Tras haber hablado, el campeón se alejó por última vez. Sedian permaneció un largo rato inmóvil. Finalmente torció el cuello y volcó su atención sobre las espadas. Aún era un niño para muchas cosas, como el frío o el amor, pero ya era lo suficientemente hombre como para haber comprendido a la perfección las palabras de Nial. El joven príncipe se puso de pie lentamente y contempló las armas en absoluto silencio. Eran bellas como nada que hubiese visto antes. Se hallaba frente a una encrucijada de la cual no habría retorno, y era plenamente consciente de ello. Si las empuñaba en ese momento, ya nunca podría librarse de ellas ni del camino del guerrero. Desde la lejanía, su madre lo observaba. Ella no intervendría. Era él quien debía tomar la decisión: seguir la senda de su padre, o caminar otros rumbos, más pacíficos e insípidos. La luz del naciente sol impactaba contra los filos de las armas generando un espectáculo digno de un fresco. Sedian clavó su mirada en el verde perpetuo. Luego, arrancó las espadas de la tierra, la tierra que ahora estaría por siempre condenado a defender.
Capítulo 2
Cual fuego de las entrañas
Los años pasaron en el reino de Eirian. Como bien había anticipado Baris, lo trágico de la gran batalla se fue desdibujando con el devenir de los veranos hasta convertirse en un recuerdo glorioso. Las heridas eran ahora hermosas cicatrices. En ese mismo lapso, Sedian se había convertido en un hombre. Tenía los cabellos negros como el núcleo de la noche y un rostro andrógino de facciones perfectas. Su cuerpo era delgado y compacto, de cintura estrecha y hombros anchos. Su piel, tersa cual porcelana. No era rey como su padre, pero su osadía batalladora y el respeto que mostraba por los ancianos le habían valido una posición de privilegio dentro del clan. Era uno de los hombres más respetados –y temidos– de aquellos bosques. Lo apodaban la sombra de la libélula .

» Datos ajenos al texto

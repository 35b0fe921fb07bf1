//! The snapshot-isolation machine as a program, over ordered maps: what each command of each
//! session is answered.
#![tactic(auto)]

mod ledger;
mod machine;
mod reads;
mod totals;
mod writers;

pub use machine::Machine;
pub use totals::number_between;
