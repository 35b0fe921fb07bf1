//! How much of the workload format is taken.
ghost use Rattle.std.specs.Prelude.{◌≡◌};
ghost use Rattle.workload_spec.specs.Extents.{extent_of};

/// How much of the workload format is taken: what passes it is refused where it stands.
#[derive(Clone, Copy, Debug)]
pub struct Extent {
    /// The most tables.
    pub tables: u32,
    /// The most columns of a table, the key's counted.
    pub columns: u32,
    /// The most sessions.
    pub sessions: u32,
    /// The most workers.
    pub workers: u32,
    /// The most turns of a worker in a round.
    pub turns: u32,
    /// Whether a line `--` parts two rounds.
    pub parts_rounds: bool,
    /// Whether the kinds that came with the second version are taken.
    pub later_kinds: bool,
    pub commands: Commands,
}

/// Which commands are taken, by their first words.
#[derive(Clone, Copy, Debug)]
pub struct Commands {
    pub begin: bool,
    /// Whether the word `checked` is taken behind `begin`.
    pub begin_checked: bool,
    pub get: bool,
    pub scan: bool,
    pub range: bool,
    pub total: bool,
    pub insert: bool,
    pub update: bool,
    pub delete: bool,
    pub commit: bool,
    pub abort: bool,
    pub observe: bool,
    pub prune: bool,
    pub compact: bool,
    pub seal: bool,
    pub gather: bool,
    pub export: bool,
}

impl Extent {
    /// How much a version of the format takes.
    pub const fn of(version: u32) -> Extent
        ensures { result ≡ extent_of version }
    {
        Extent {
            tables: 16,
            columns: 32,
            sessions: 64,
            workers: 16,
            turns: 100,
            parts_rounds: true,
            later_kinds: version >= 2,
            commands: Commands {
                begin: true,
                begin_checked: version >= 2,
                get: true,
                scan: true,
                range: version >= 2,
                total: version >= 2,
                insert: true,
                update: true,
                delete: true,
                commit: true,
                abort: true,
                observe: true,
                prune: true,
                compact: true,
                seal: true,
                gather: true,
                export: true,
            },
        }
    }
}
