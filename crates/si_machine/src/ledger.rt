//! What is kept of the machine, and its steps.
ghost use Rattle.std.specs.Prelude.{◌≡◌, ◌==◌, ◌&&◌, ◌<◌, IfOk, None, OnErr, OnOk, Some, find};
ghost use Rattle.std.specs.Prelude.{is_some, length, map, not, option_copied, option_map, position};
ghost use Rattle.std.specs.Prelude.{slice_index_or, slice_set, true};
ghost use Rattle.cell_model.specs.declared.kind.Kind.TheVariants as kind;
ghost use Rattle.cell_model.specs.Values.{is_integer_of};
ghost use Rattle.isolation_spec.specs.Checked.{stale_of};
ghost use Rattle.isolation_spec.specs.Contents.{at_place, contents_between, contents_of, key_of};
ghost use Rattle.isolation_spec.specs.Contents.{place_of, state_at};
ghost use Rattle.isolation_spec.specs.Machine.{conflict_of, entered, opening, seen_rows, step};
ghost use Rattle.isolation_spec.specs.Machine.{refusal_of_change, step_within, step_without};
ghost use Rattle.isolation_spec.specs.Machine.{transaction_of, with_own, without, write};
ghost use Rattle.isolation_spec.specs.Machine.{writes_place};
ghost use Rattle.isolation_spec.specs.declared.command.Act.TheVariants as act;
ghost use Rattle.si_machine.specs.declared.ledger.OpenTransaction.{OpenTransaction as Kept};
ghost use Rattle.si_machine.specs.Kept.{Answers, HasKey, IsKept, is_key, is_number, machine_in};
ghost use Rattle.si_machine.specs.Kept.{open_at, transaction_in};

use crate::reads::Reads;
use crate::totals;
use crate::writers::{Writers, Writes};
use cell_model::{Cell, Row, Rows};
use isolation_spec::{Act, Answer, Place, Read};
use std::alloc::{AllocError, Global};
use std::collections::BTreeMap;

/// An open transaction: its session, how many commits it sees, and what it wrote.
#[derive(Drop)]
pub(crate) struct OpenTransaction {
    session: u32,
    snapshot: usize,
    own: Writes,
}

/// What the commits wrote, the first commit first, and for each place which of them wrote it; and
/// the open transactions in the order in which they began.
#[derive(Drop)]
pub(crate) struct Ledger {
    alloc: Global,
    commits: Vec<Writes>,
    writers: Writers,
    transactions: Vec<OpenTransaction>,
}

Junto a él –a la vera de un lago– una hermosa mujer lo contemplaba hechizada. Su nombre era Zura. Ella estaba enamorada de sus ojos profundos, de su piel de marfil, de su inalterable templanza.
La mujer rodeó el pecho del nórdico con el brazo y le besó el cuello.

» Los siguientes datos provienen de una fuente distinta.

//! Totals of a column.
ghost use Rattle.std.specs.Prelude.{◌≡◌, option_and_then, slice_get, true};
ghost use Rattle.isolation_spec.specs.Contents.{number_between, numbers_between};
ghost use Rattle.isolation_spec.specs.Machine.{told_total};
ghost use Rattle.si_machine.specs.Kept.{is_number};

use cell_model::{Cell, Row};
use isolation_spec::Answer;

/// How many numbers of a column lie between two, both counted, and their sum.
pub(crate) fn told(rows: &[Row], column: u32, low: i128, high: i128) -> Answer
    requires low { is_number low ≡ true }
    requires high { is_number high ≡ true }
    ensures { result ≡ told_total (numbers_between column low high rows.now) }
{
    let mut count: u64 = 0;
    let mut sum: i128 = 0;
    for row in rows {
        if let Some(number) = number_between(row, column, low, high) {
            count += 1;
            sum += number;
        }
    }
    Answer::Totalled { count, sum }
}

/// The number in a row's column, where it lies between two, both counted.
pub fn number_between(row: &Row, column: u32, low: i128, high: i128) -> Option<i128>
    ensures { result ≡ option_and_then (number_between low high) (slice_get row.now column) }
{
    match row.get(column as usize) {
        Some(Cell::Num(number)) if low <= *number && *number <= high => Some(*number),
        _ => None,
    }
}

—Desnúdame –le dijo al oído–. Permite que el calor de mi carne consuma tus deseos y los convierta en cenizas.
Zura era dueña de un atractivo hipnótico. Su voluptuosidad, su piel, sus largos y rojizos cabellos, todo en ella encantaba. Su belleza era legendaria en el reino de Eirian. Solo comparable con la de Loredana, la proverbial dama de los sauces . Pero no solo eran sus atributos físicos los que cautivaban. Había algo más, un aura silente, un componente intangible o, quizás, un aroma secreto. Alguna variable inasible convertía a Zura en un anhelo dulce e impetuoso para la carne mortal.